EXERCISE: Look through the listing and locate every line containing the word "position"; copy those lines.

MATERIALS PROVIDED:
• • • • •

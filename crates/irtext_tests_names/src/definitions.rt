//! What the definitions give for worked texts, trees, graphs and formats. Each function does nothing: its contract is a row that
//! is computed.
ghost use Rattle.std.specs.Prelude.{◌≡◌, ℕ, List, [], ◌∷◌, ◌++◌, codes, length, pos, Some, None, true};
ghost use Rattle.irtext_base.specs.Format as format;
ghost use Rattle.irtext_base.specs.Locations.{location, src_pos};
ghost use Rattle.irtext_base.specs.Text.{after_space, column_after, line_after};
ghost use Rattle.irtext_base.specs.declared.location.Source.TheVariants.{InMemory};
ghost use Rattle.irtext_tests_names.specs.Demo.{counted_demo, demo, inline_printing, isolated, labelled_printing, plain_printing};
ghost use Rattle.irtext_tests_names.specs.Formats.{Breaks, Kept};
ghost use Rattle.irtext_tests_names.specs.Graphs.{global_pointer, one_note_twice, two_branches, use_before_definition};
ghost use Rattle.irtext_tests_names.specs.Located.{note_on_line_one, text_locations, up_to_bracket};
ghost use Rattle.irtext_tests_names.specs.LocationRows.{place};
ghost use Rattle.irtext_tests_names.specs.Sections.{dictionary_after, early_and_marked, early_built, for_item, note_and_location, note_nine, wrong_after, wrong_names};
ghost use Rattle.irtext_tests_names.specs.Trees as trees;
ghost use Rattle.irtext_tests_names.specs.Trees.{empty_block, failure, marked, only_modules, wrong};
ghost use Rattle.irtext_grammar.specs.Grammar.Reads.{reads};
ghost use Rattle.irtext_grammar.specs.Grammar.Section.{of_once};
ghost use Rattle.irtext_grammar.specs.Grammar.Tree.{Tree, own};
ghost use Rattle.irtext_grammar.specs.Graphs.Build.{build, put_all};
ghost use Rattle.irtext_grammar.specs.Graphs.Closed.{Closed, Fit};
ghost use Rattle.irtext_grammar.specs.Graphs.Graph.{written};
ghost use Rattle.irtext_grammar.specs.Graphs.Identifiers.{HasIdentifiers};
ghost use Rattle.irtext_grammar.specs.Graphs.Links.{Linked, links};
ghost use Rattle.irtext_grammar.specs.Graphs.ReservedKeys.{GraphKeepsKeys};
ghost use Rattle.irtext_grammar.specs.Names.Script.{DuplicateIndex, MultipleDefinitions, NoActiveScope, NotIsolated, ReservedKey, ResultCount, UnknownIndex, UnknownPrintOnce, UnresolvedReference};
ghost use Rattle.irtext_grammar.specs.Graphs.RoundTrip.{GraphHeld};
ghost use Rattle.irtext_grammar.specs.Graphs.Same.{SmallGraph};
ghost use Rattle.irtext_grammar.specs.Names.Acts.{failures_of};
ghost use Rattle.irtext_grammar.specs.Spelling.Section.{text};
ghost use Rattle.irtext_grammar.specs.Names.Script as script;
ghost use Rattle.irtext_grammar.specs.Spelling.SectionEntries.{SmallSection};
ghost use Rattle.irtext_grammar.specs.Spelling.Spell.{spelled};
ghost use Rattle.irtext_grammar.specs.Promises.Root.{location_of};

/// A module with an empty block: its printed text, and that this text parses as it.
pub fn an_empty_block()
    ensures is_written { spelled only_modules 2 0 empty_block
        ≡ codes "builtin.module @bar \n{\n  ^block1v1():\n    \n}" }
    ensures is_read { (rest : List ℕ) × reads only_modules empty_block
        (codes "builtin.module @bar \n{\n  ^block1v1():\n    \n}" ++ []) rest × (after_space rest ≡ []) }
{}

/// An empty text is no operation.
pub fn an_empty_text()
    ensures { (t : Tree ℕ ⊥ ⊥) (rest : List ℕ) → reads only_modules t [] rest → ⊥ }
{}

/// Two blocks that branch to one another, each item with its location: marks are numbered through the root, and a region that is
/// not shown has none.
pub fn two_blocks_with_locations()
    ensures whole { text demo labelled_printing two_branches 0 2 None
        ≡ codes "builtin.module @m \n{\n  ^a_block1v1() !0:\n    test.br ^b_block3v1 !1\n\n  ^b_block3v1() !2:\n    test.br ^a_block1v1 !3\n} !4\n\noutlined_attributes:\n!0 = @[<in-memory>: line: 1, column: 21], [builtin_block_label = builtin.identifier a]\n!1 = @[<in-memory>: line: 1, column: 27], []\n!2 = @[<in-memory>: line: 1, column: 38], [builtin_block_label = builtin.identifier b]\n!3 = @[<in-memory>: line: 1, column: 44], []\n!4 = @[<in-memory>: line: 1, column: 1], []\n" }
    ensures no_region { text demo labelled_printing two_branches 0 2 (Some 0)
        ≡ codes "builtin.module @m {..} !0\n\noutlined_attributes:\n!0 = @[<in-memory>: line: 1, column: 1], []\n" }
{}

/// Two operations with the same debug note: the section has the note once, with the next number after the entries.
pub fn a_shared_note()
    ensures { text demo plain_printing one_note_twice 0 2 None
        ≡ codes "builtin.module @m \n{\n  ^block1v1():\n    test.nop !0;\n    test.nop !1\n}\n\noutlined_attributes:\n!0 = [dbg = !2]\n!1 = [dbg = !2]\n!2 = test.dbg \"s\"\n" }
{}

/// An operation in the canonical form, which has a result and two attributes.
pub fn the_canonical_text()
    ensures { spelled demo 2 0 (written inline_printing None global_pointer)
        ≡ codes "v1 = test.global () [] [builtin_sym_name: builtin.identifier global_0, test_global_op_const_val: builtin.integer <0: si64>]: <() -> (test.ptr )>" }
{}

/// Formats that are rejected, by the condition that they break first.
pub fn refused_formats()
    ensures words { Breaks 1 (format.word [] ∷ []) × Breaks 1 (format.word (codes "a b") ∷ [])
        × Breaks 1 (format.operand 1 ∷ format.word (codes "a b") ∷ []) }
    ensures operands { Breaks 2 (format.operand 1 ∷ []) × Breaks 2 (format.operand 0 ∷ format.operand 0 ∷ [])
        × Breaks 2 (format.operands ∷ format.operands ∷ []) }
    ensures successors { Breaks 3 (format.successor 1 ∷ []) }
    ensures types { Breaks 4 (format.result_type 1 ∷ [])
        × Breaks 4 (format.result_type 0 ∷ format.word (codes ":") ∷ format.result_type 0 ∷ []) }
    ensures regions { Breaks 5 (format.region 1 ∷ format.region 0 ∷ [])
        × Breaks 5 (format.regions ∷ format.region 0 ∷ []) × Breaks 5 (format.regions ∷ format.regions ∷ []) }
    ensures keys { Breaks 6 (format.attribute (codes "k") ∷ format.attribute (codes "k") ∷ [])
        × Breaks 6 (format.attribute (codes "builtin_given_names") ∷ [])
        × Breaks 6 (format.dictionary ∷ format.dictionary ∷ [])
        × Breaks 6 (format.header ∷ format.attribute (codes "builtin_sym_name") ∷ []) }
    ensures after_regions { Breaks 7 (format.region 0 ∷ format.operand 0 ∷ [])
        × Breaks 7 (format.region 0 ∷ format.operands ∷ [])
        × Breaks 7 (format.region 0 ∷ format.result_type 0 ∷ []) }
    ensures after_lists { Breaks 8 (format.successors ∷ [])
        × Breaks 8 (format.operands ∷ format.word (codes "to") ∷ [])
        × Breaks 8 (format.operands ∷ format.attribute (codes "k") ∷ [])
        × Breaks 8 (format.operands ∷ format.operand 0 ∷ [])
        × Breaks 8 (format.operands ∷ format.word (codes ",") ∷ format.operand 0 ∷ [])
        × Breaks 8 (format.successors ∷ format.operands ∷ [])
        × Breaks 8 (format.operands ∷ format.successors ∷ [])
        × Breaks 8 (format.operands ∷ format.successors ∷ format.word (codes "x") ∷ [])
        × Breaks 8 (format.regions ∷ format.word (codes "{") ∷ []) }
{}

/// Formats that are accepted, similar to the rejected ones.
pub fn accepted_formats()
    ensures words { Kept [] × Kept (format.word (codes "a") ∷ format.word (codes "b") ∷ []) }
    ensures operands { Kept (format.operand 1 ∷ format.word (codes ",") ∷ format.operand 0 ∷ [])
        × Kept (format.operand 0 ∷ format.word (codes ",") ∷ format.operands ∷ []) }
    ensures successors { Kept (format.successor 1 ∷ format.successor 0 ∷ []) }
    ensures types { Kept (format.result_type 0 ∷ []) }
    ensures regions { Kept (format.region 0 ∷ format.region 1 ∷ [])
        × Kept (format.region 0 ∷ format.regions ∷ []) × Kept (format.operands ∷ format.region 0 ∷ [])
        × Kept (format.region 0 ∷ format.attribute (codes "k") ∷ []) }
    ensures keys { Kept (format.attribute (codes "builtin_sym_name") ∷ [])
        × Kept (format.header ∷ format.dictionary ∷ []) }
    ensures after_lists { Kept (format.operands ∷ format.word (codes "->") ∷ [])
        × Kept (format.operands ∷ format.dictionary ∷ []) × Kept (format.operands ∷ format.header ∷ [])
        × Kept (format.successors ∷ format.operand 0 ∷ [])
        × Kept (format.operands ∷ format.successors ∷ format.word (codes ":") ∷ [])
        × Kept (format.regions ∷ format.word (codes ":") ∷ []) }
{}

/// Names without a definition are reported where their region begins, values before labels, each in order of first mention.
pub fn unknown_names()
    ensures values { wrong trees.two_unknown ≡ failure (UnresolvedReference (codes "y")) 19
        ∷ failure (UnresolvedReference (codes "x")) 19 ∷ [] }
    ensures label { wrong trees.unknown_label_and_value ≡ failure (UnresolvedReference (codes "x")) 19
        ∷ failure (UnresolvedReference (codes "b")) 19 ∷ [] }
    ensures outward { wrong trees.branch_outward ≡ failure (UnresolvedReference (codes "a")) 38 ∷ [] }
{}

/// A name that its scope defines twice. Regions that are not isolated share one scope of values.
pub fn names_defined_twice()
    ensures labels { wrong trees.label_twice ≡ failure (MultipleDefinitions (codes "a")) 27 ∷ [] }
    ensures arguments { wrong trees.argument_twice ≡ failure (MultipleDefinitions (codes "x")) 49 ∷ [] }
    ensures regions { wrong trees.defined_in_both ≡ failure (MultipleDefinitions (codes "x")) 104 ∷ [] }
{}

/// A use before its definition, and a use of what a nested region defines, are allowed.
pub fn names_defined_late()
    ensures early { wrong trees.used_early ≡ [] }
    ensures inside { wrong trees.defined_inside ≡ [] }
{}

/// An operation has as many names as results.
pub fn result_counts()
    ensures more { wrong trees.too_many_names ≡ failure (ResultCount 1 2) 27 ∷ [] }
    ensures fewer { wrong trees.too_few_names ≡ failure (ResultCount 1 0) 27 ∷ [] }
{}

/// A root has no results, and is isolated if it has regions.
pub fn wrong_roots()
    ensures result { wrong trees.root_with_result ≡ failure (NoActiveScope (codes "x")) 1 ∷ [] }
    ensures no_results { wrong trees.root_without_results ≡ [] }
    ensures not_isolated { wrong trees.root_not_isolated ≡ record { cause = NotIsolated; at = None } ∷ [] }
{}

/// A label that a root uses is outside of every region. The error is at its name, one character after the `^`.
pub fn a_label_of_no_region()
    ensures is_read { reads counted_demo trees.branch_of_root (codes "test.br ^a") [] }
    ensures is_refused { wrong trees.branch_of_root
        ≡ failure (NoActiveScope (codes "a")) (length (codes "a")) ∷ [] }
{}

/// One index marks two items.
pub fn marks_of_one_index()
    ensures { wrong trees.one_index_twice ≡ failure (DuplicateIndex 0) 39 ∷ [] }
{}

/// Entries after `builtin.module @m {} !3`.
pub fn entries_of_a_section()
    ensures accepted { wrong_after (for_item 60 3 (note_nine ∷ [])
        ∷ of_once (marked 40 9) (own (codes "s")) ∷ []) ≡ [] }
    ensures without_entry { wrong_after [] ≡ [] }
    ensures unknown_attribute { wrong_after (for_item 60 3 (note_nine ∷ []) ∷ [])
        ≡ failure (UnknownPrintOnce 9) 48 ∷ [] }
    ensures second_entry { wrong_after (for_item 60 3 [] ∷ for_item 50 3 [] ∷ [])
        ≡ failure (UnknownIndex 3) 50 ∷ [] }
    ensures no_item { wrong_after (for_item 60 4 [] ∷ []) ≡ failure (UnknownIndex 4) 60 ∷ [] }
    ensures reserved_key { wrong_after (for_item 60 3 (wrong_names 50 ∷ []) ∷ [])
        ≡ failure (ReservedKey (codes "builtin_given_names")) 50 ∷ [] }
{}

/// Entries and keys are reported in the order of the text, references after the last entry, and a dictionary after the region before it.
pub fn order_of_reports()
    ensures section { wrong_after (for_item 60 3 (note_nine ∷ []) ∷ for_item 45 7 (wrong_names 44 ∷ []) ∷ [])
        ≡ failure (UnknownIndex 7) 45 ∷ failure (ReservedKey (codes "builtin_given_names")) 44
        ∷ failure (UnknownPrintOnce 9) 48 ∷ [] }
    ensures dictionary { wrong dictionary_after ≡ failure (MultipleDefinitions (codes "x")) 72
        ∷ failure (ReservedKey (codes "builtin_given_names")) 60 ∷ [] }
{}

/// What is built from a use before its definition, with an entry for the definition's mark.
pub fn a_built_root()
    ensures resolves { failures_of isolated early_and_marked note_and_location ≡ [] }
    ensures graph { (build isolated (λ (place : ℕ). codes "first") note_and_location early_and_marked).regions
        ≡ early_built }
    ensures uses { links (build isolated (λ (place : ℕ). codes "first") note_and_location early_and_marked)
        ≡ (script.operand (0 ∷ 0 ∷ 0 ∷ []) 0, script.result (1 ∷ 0 ∷ 0 ∷ []) 0) ∷ [] }
    ensures none_missing { Linked (build isolated (λ (place : ℕ). codes "first") note_and_location
        early_and_marked) }
{}

/// A key that occurs twice keeps its first place and takes the later value.
pub fn a_key_twice()
    ensures { put_all {V = ℕ} [] ((codes "a", 1) ∷ (codes "b", 2) ∷ (codes "a", 3) ∷ []) ≡ (codes "a", 3)
        ∷ (codes "b", 2) ∷ [] }
{}

/// A root that meets every premise of the round trip.
pub fn premises_of_the_round_trip()
    ensures { HasIdentifiers plain_printing use_before_definition
        × Fit plain_printing isolated use_before_definition
        × SmallGraph plain_printing isolated use_before_definition
        × GraphKeepsKeys use_before_definition × Closed plain_printing isolated use_before_definition }
{}

/// A root whose section has a location, and a note that two items share: its printed text, and that it meets every premise of the
/// round trip with a section.
pub fn premises_of_a_section()
    ensures is_written { text demo plain_printing note_on_line_one 0 2 None
        ≡ codes "builtin.module @m \n{\n  ^block1v1():\n    test.nop !0;\n    test.nop !1\n}\n\noutlined_attributes:\n!0 = @[<in-memory>: line: 1, column: 27], [dbg = !2]\n!1 = [dbg = !2]\n!2 = test.dbg \"s\"\n" }
    ensures premises { HasIdentifiers plain_printing note_on_line_one
        × Fit plain_printing isolated note_on_line_one × SmallGraph plain_printing isolated note_on_line_one
        × GraphKeepsKeys note_on_line_one
        × GraphHeld up_to_bracket text_locations note_on_line_one
        × Closed plain_printing isolated note_on_line_one × SmallSection plain_printing note_on_line_one }
    ensures equality { ((a b : List ℕ) → plain_printing.same_own a b ≡ true → a ≡ b)
        × ((a : List ℕ) → plain_printing.same_own a a ≡ true) }
{}

/// The position of a place after a text, in lines and characters.
pub fn lines_and_columns()
    ensures beginning { (line_after [] ≡ 1) × (column_after [] ≡ 1) }
    ensures second_line { (line_after (codes "ab\nc") ≡ 2) × (column_after (codes "ab\nc") ≡ 2) }
{}

/// The place one character before the end of two lines is in the second.
pub fn where_a_place_is()
    ensures { location_of {A = ⊥} [] InMemory (codes "ab\ncd") 1
        ≡ src_pos None (record { line = pos 2; column = pos 2 }) }
{}
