//! Which cause an error has for worked texts that are no operation, and where. Each function does nothing: its contract is a row that is
//! computed.
ghost use Rattle.std.specs.Prelude.{[], codes, None, Some};
ghost use Rattle.irtext_base.specs.Faults.{NoActiveScope, OwnText, Unexpected, UnregisteredDialect, UnregisteredOp, Word};
ghost use Rattle.irtext_tests_names.specs.CauseRows.{t, Errs};

/// The cause of an error for each of these texts, and what is left of the text at its place: an id whose dialect is not registered; an
/// operation whose id is not, from the names of its results on; the end, and a character, in place of a fixed text; a name outside of
/// every region; and what the parser of types returned.
pub fn causes_of_wrong_texts()
    ensures no_dialect { Errs (codes "x = v.h {}") (UnregisteredDialect (codes "v")) (codes "v.h {}") }
    ensures no_operation { Errs (codes "x = t.z") (UnregisteredOp (t (codes "z"))) (codes "x = t.z") }
    ensures no_brace { Errs (codes "t.h { ^b(): ") (Unexpected None (Word (codes "}"))) [] }
    ensures no_colon { Errs (codes "t.m i") (Unexpected (Some 105) (Word (codes ":"))) (codes "i") }
    ensures no_scope { Errs (codes "t.u x") (NoActiveScope (codes "x")) (codes "x") }
    ensures no_type { Errs (codes "t.m: x") (OwnText (codes "no type")) (codes "x") }
{}
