// Blocks as values of polynomials over bytes (document 01, "Settings and the code"): what encoding and decoding both are.
// inner: call `erasure::stripe_encode`
// Every product and inverse of a weight, and every doubling of it, is `gf256`'s by its two tables, which the inner functions take as lent.
#![tactic(auto)]

ghost use Rattle.std.specs.Prelude.{cond, ◌≡◌, ℕ, ◌+◌, ◌*◌, ◌<◌, ◌≤◌, length, get_or, MatchOption};
ghost use Rattle.gf256.specs.Product.{inverse};
ghost use Rattle.settings.specs.Ranges.{max_bricks, max_size};
ghost use Rattle.interpolate.specs.Workers.{scaled, numerator, Differences, Shares, Weights, PointsReady, Apart};
ghost use Rattle.interpolate.specs.Values.{PointSet, block_at, blocks_at, blocks_fit};

use gf256::{Multiples, Tables};
use settings::{MAX_BRICKS, MAX_SIZE};

// A block times a byte added to another.
#[tactic(auto, using(crate::proofs::Laws::WeightRowLaws::scaled_steps), unfolding(gf256::specs::Product::plus, crate::specs::Workers::scaled))]
fn add_multiples(w: Multiples, from: &[u8], to: &mut [u8])
    requires { length from.now ≡ length to.old }
    ensures { to.new ≡ scaled w.w from.now to.old }
{
    for i in 0..to.len() {
        to[i] ^= w.times(from[i]);
    }
}

// Each point's product of differences, times its difference to point k, but for point k itself.
fn times_differences(tables: &Tables, points: &[u8], k: usize, products: &mut [u8])
    requires k_in_bounds { (k < length points.now) × (length points.now ≤ length products.old) }
    requires differences { Differences points.now k products.old }
    ensures { Differences points.now (k + 1) products.new }
{
    let c = points[k];
    for i in 0..points.len() {
        if i != k {
            products[i] = tables.mul(products[i], points[i] ^ c);
        }
    }
}

// Bytes, each replaced by its inverse.
fn invert(tables: &Tables, bytes: &mut [u8])
    ensures { (i : ℕ) → i < length bytes.old → get_or bytes.new i 0 ≡ inverse (get_or bytes.old i 0) }
{
    for i in 0..bytes.len() {
        bytes[i] = tables.inv(bytes[i]);
    }
}

// The share of each point b in its weights: the inverse of the product of b - c over all points c but b. The slice is lent with ones.
fn shares_of(tables: &Tables, points: &[u8], shares: &mut [u8])
    requires points_in_bounds { length points.now ≤ length shares.old }
    requires differences { Differences points.now 0 shares.old }
    ensures { Shares points.now shares.new }
{
    let count = points.len();
    for k in 0..count {
        times_differences(tables, points, k, shares);
    }
    invert(tables, &mut shares[..count])
}

// The blocks known at some points, with the share of each point and the tables: what a block elsewhere is worked out from.
#[derive(Drop)]
struct Known<'a> {
    tables: &'a Tables,
    points: &'a [u8],
    shares: &'a [u8],
    size: usize,
    blocks: &'a [u8],
    ghost ready: { PointsReady points.now shares.now },
    ghost blocks_len: { length blocks.now ≡ length points.now * size },
    ghost blocks_bytes: { (k : ℕ) → get_or blocks.now k 0 < 256 },
}

impl<'a> Known<'a> {
    // Where x stands among the points.
    fn place_of(&self, x: u8) -> Option<usize>
        ensures { MatchOption result
            ((k : ℕ) → k < length self.now.points.now → get_or self.now.points.now k 0 ≡ x → ⊥)
            (λ k. (k < length self.now.points.now) × (get_or self.now.points.now k 0 ≡ x)) }
    {
        self.points.iter().position(|&b| b == x)
    }

    // The product of x - b over all points b.
    #[tactic(auto, using(crate::proofs::Laws::WeightLaws::numerator_none, crate::proofs::Laws::WeightLaws::numerator_more))]
    fn numerator(&self, x: u8) -> u8
        ensures { result ≡ numerator self.now.points.now x (length self.now.points.now) }
    {
        let mut all = 1;
        for &b in self.points {
            all = self.tables.mul(all, x ^ b);
        }
        all
    }

    // The weights of all points at x, where x is none of them: the numerator at x, by x's own difference, times the point's share.
    fn weights_at(&self, x: u8, weights: &mut [u8])
        requires by_index { (k : ℕ) → k < length self.now.points.now → get_or self.now.points.now k 0 ≡ x → ⊥ }
        requires points_in_bounds { length self.now.points.now ≤ length weights.old }
        ensures { Weights self.now.points.now x weights.new }
    {
        let top = self.numerator(x);
        for i in 0..self.points.len() {
            let own = self.tables.inv(x ^ self.points[i]);
            let share = self.tables.mul(own, self.shares[i]);
            weights[i] = self.tables.mul(top, share);
        }
    }

    // The block at x, where x is none of the points: the sum of their blocks, each times its weight.
    #[tactic(auto, using(byte_lists::proofs::Laws::TabulateLaws::zeros_are, crate::proofs::Laws::WeightRowLaws::row_steps))]
    fn combine(&self, x: u8, out: &mut [u8])
        requires by_index { (k : ℕ) → k < length self.now.points.now → get_or self.now.points.now k 0 ≡ x → ⊥ }
        requires out_len { length out.old ≡ self.now.size }
        ensures { out.new ≡ block_at self.now.points.now self.now.size self.now.blocks.now x }
    {
        let mut weights = [0u8; MAX_BRICKS];
        self.weights_at(x, &mut weights);
        byte_lists::clear(out);
        for i in 0..self.points.len() {
            let at = i * self.size;
            let block = &self.blocks[at..at + self.size];
            add_multiples(self.tables.multiples(weights[i]), block, out);
        }
    }

    // The block at x: a given point's own block, or else the combination of all.
    fn row(&self, x: u8, out: &mut [u8])
        requires { length out.old ≡ self.now.size }
        ensures { out.new ≡ block_at self.now.points.now self.now.size self.now.blocks.now x }
    {
        let Some(k) = self.place_of(x) else {
            self.combine(x, out);
            return;
        };
        let at = k * self.size;
        byte_lists::copy(&self.blocks[at..at + self.size], out)
    }

    // The blocks at points 0 to count - 1.
    fn rows(&self, count: usize, out: &mut [u8])
        requires { (length out.old ≡ count * self.now.size) × (count ≤ max_bricks) }
        ensures { out.new ≡ blocks_at self.now.points.now self.now.size self.now.blocks.now count }
    {
        for x in 0..count {
            let at = x * self.size;
            self.row(x as u8, &mut out[at..at + self.size]);
        }
    }

    // Whether the blocks given at further points, none of them among the points, are those there; without such points nothing is computed.
    #[tactic(auto, using(crate::proofs::Laws::FurtherBlockLaws::fitting))]
    fn all_fit(&self, further: &[u8], given: &[u8]) -> bool
        requires apart { Apart self.now.points.now further.now }
        requires size_high { self.now.size ≤ max_size }
        requires given_len { length given.now ≡ length further.now * self.now.size }
        ensures { result ≡ blocks_fit self.now.points.now self.now.size self.now.blocks.now further.now given.now }
    {
        if further.is_empty() {
            return true;
        }
        let mut buffer = [0u8; MAX_SIZE];
        let made = &mut buffer[..self.size];
        for i in 0..further.len() {
            self.combine(further[i], made);
            let at = i * self.size;
            if !byte_lists::same_bytes(&given[at..at + self.size], made) {
                return false;
            }
        }
        true
    }
}

// The blocks at points 0 to count - 1, from the blocks at the given points: at most as many as bricks, all different.
#[tactic(auto, using(crate::proofs::Laws::WeightLaws::differences_none))]
pub fn interpolate(points: &[u8], size: usize, blocks: &[u8], count: usize, out: &mut [u8])
    requires point_set { PointSet points.now }
    requires blocks_len { length blocks.now ≡ length points.now * size }
    requires out_len { (length out.old ≡ count * size) × (count ≤ max_bricks) }
    ensures { out.new ≡ blocks_at points.now size blocks.now count }
{
    let tables = Tables::new();
    let mut shares = [1u8; MAX_BRICKS];
    shares_of(&tables, points, &mut shares);
    let known = Known {
        tables: &tables,
        points,
        shares: &shares,
        size,
        blocks,
    };
    known.rows(count, out)
}

// The same as `interpolate`, if the blocks given at further points, none of them among the points, fit: whether they do. If not, nothing is
// written.
// stays: beside `interpolate`, which asks for no highest size (its `requires` may not ask more), and whose callers have no further points.
#[tactic(auto, using(crate::proofs::Laws::WeightLaws::differences_none))]
pub fn interpolate_checked(
    points: &[u8],
    size: usize,
    blocks: &[u8],
    further: &[u8],
    given: &[u8],
    count: usize,
    out: &mut [u8],
) -> bool
    requires point_set { PointSet points.now }
    requires apart { Apart points.now further.now }
    requires blocks_len { (length blocks.now ≡ length points.now * size) × (size ≤ max_size) }
    requires given_len { length given.now ≡ length further.now * size }
    requires out_len { (length out.old ≡ count * size) × (count ≤ max_bricks) }
    ensures value { result ≡ blocks_fit points.now size blocks.now further.now given.now }
    ensures out_after { out.new ≡ cond result (blocks_at points.now size blocks.now count) out.old }
{
    let tables = Tables::new();
    let mut shares = [1u8; MAX_BRICKS];
    shares_of(&tables, points, &mut shares);
    let known = Known {
        tables: &tables,
        points,
        shares: &shares,
        size,
        blocks,
    };
    if !known.all_fit(further, given) {
        return false;
    }
    known.rows(count, out);
    true
}
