//! What a kernel is: its state as plain data, what each system call and each event does to it, laws of these definitions, and when
//! kernels are alike. There is no code here but the names of what can happen.
//!
//! The behaviour is that of xv6's `kernel/proc.c`, `file.c`, `pipe.c` and `sysfile.c`, as functions of the whole state.
#![tactic(auto)]

mod events;
pub mod laws;

pub use events::{Event, Full, Memory};
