//! Lines of a script that do nothing, since they are no command or name no program, and what is reported of them.
#![tactic(auto)]

mod hints;
mod lines;

pub use hints::hints_of;
pub use lines::{bad_lines, dead_lines};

• • • • •

YOUR SOLUTION:
/// The position of a place after a text, in lines and characters.
        self.points.iter().position(|&b| b == x)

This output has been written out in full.